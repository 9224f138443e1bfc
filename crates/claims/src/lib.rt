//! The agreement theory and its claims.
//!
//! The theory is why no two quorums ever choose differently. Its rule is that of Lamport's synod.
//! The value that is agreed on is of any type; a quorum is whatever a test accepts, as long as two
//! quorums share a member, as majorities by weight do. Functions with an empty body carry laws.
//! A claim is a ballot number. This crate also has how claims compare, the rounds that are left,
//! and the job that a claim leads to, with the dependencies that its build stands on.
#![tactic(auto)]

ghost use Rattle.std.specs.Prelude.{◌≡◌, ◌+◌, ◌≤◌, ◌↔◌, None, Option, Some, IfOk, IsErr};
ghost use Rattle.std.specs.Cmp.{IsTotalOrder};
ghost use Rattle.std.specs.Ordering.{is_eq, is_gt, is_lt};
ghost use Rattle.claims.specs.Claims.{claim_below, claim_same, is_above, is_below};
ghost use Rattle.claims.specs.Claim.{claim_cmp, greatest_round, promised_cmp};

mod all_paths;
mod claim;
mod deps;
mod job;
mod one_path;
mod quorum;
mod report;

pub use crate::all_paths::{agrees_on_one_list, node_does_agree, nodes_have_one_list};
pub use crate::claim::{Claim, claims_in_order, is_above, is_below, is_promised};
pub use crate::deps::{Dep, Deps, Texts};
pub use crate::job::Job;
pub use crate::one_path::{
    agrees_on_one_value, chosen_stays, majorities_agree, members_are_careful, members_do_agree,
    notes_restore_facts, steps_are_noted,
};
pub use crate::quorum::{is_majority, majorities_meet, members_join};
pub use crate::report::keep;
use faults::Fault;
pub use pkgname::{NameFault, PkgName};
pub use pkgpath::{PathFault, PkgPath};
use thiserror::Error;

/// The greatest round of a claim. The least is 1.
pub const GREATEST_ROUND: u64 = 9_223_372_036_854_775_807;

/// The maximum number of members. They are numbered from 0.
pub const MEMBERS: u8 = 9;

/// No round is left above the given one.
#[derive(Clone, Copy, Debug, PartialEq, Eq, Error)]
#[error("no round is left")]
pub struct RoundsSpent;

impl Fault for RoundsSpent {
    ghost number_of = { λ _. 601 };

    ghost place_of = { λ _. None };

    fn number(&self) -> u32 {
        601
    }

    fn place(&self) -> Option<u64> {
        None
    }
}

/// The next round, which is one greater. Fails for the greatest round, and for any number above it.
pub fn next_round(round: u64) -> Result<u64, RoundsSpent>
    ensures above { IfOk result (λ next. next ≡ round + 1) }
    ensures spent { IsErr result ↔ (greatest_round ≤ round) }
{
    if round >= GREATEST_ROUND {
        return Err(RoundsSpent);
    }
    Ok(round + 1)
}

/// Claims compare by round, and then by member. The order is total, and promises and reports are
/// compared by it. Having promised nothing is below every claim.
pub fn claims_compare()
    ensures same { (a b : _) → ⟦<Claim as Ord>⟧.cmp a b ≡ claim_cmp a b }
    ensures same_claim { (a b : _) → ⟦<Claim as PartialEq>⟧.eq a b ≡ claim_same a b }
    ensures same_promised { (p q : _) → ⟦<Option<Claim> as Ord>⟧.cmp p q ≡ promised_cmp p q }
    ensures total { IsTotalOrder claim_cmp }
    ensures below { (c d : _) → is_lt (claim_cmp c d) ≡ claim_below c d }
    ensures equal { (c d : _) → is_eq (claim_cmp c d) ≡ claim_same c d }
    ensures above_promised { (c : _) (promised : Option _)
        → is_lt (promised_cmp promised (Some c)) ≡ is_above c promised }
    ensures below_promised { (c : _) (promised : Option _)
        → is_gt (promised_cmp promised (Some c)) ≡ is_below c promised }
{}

+++++

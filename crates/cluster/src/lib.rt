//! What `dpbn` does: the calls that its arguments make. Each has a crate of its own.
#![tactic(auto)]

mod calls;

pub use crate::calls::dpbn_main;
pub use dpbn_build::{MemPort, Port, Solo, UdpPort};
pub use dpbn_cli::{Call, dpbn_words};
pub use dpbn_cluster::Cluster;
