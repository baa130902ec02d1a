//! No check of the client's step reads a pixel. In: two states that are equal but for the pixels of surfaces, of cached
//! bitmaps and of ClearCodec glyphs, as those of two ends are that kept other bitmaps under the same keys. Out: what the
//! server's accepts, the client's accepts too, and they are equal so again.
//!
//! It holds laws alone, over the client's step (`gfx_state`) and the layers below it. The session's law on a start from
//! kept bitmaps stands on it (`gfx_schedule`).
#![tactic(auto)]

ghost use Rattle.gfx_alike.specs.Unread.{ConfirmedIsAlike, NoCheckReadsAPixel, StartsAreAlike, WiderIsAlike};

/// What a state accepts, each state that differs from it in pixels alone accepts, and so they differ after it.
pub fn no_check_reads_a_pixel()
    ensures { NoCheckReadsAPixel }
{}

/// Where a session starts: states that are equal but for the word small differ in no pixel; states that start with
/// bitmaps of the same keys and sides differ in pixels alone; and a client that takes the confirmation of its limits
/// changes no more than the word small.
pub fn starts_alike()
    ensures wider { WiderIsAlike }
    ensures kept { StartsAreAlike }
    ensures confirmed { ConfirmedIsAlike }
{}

+++++

- _Task item_
In the listing above, locate the line containing "pub use crate::job::Job;" and the line containing "pub use crate::report::keep;", then transcribe both and every line between them verbatim.

- _Written answer_
pub use crate::job::Job;
pub use crate::one_path::{
    agrees_on_one_value, chosen_stays, majorities_agree, members_are_careful, members_do_agree,
    notes_restore_facts, steps_are_noted,
};
pub use crate::quorum::{is_majority, majorities_meet, members_join};
pub use crate::report::keep;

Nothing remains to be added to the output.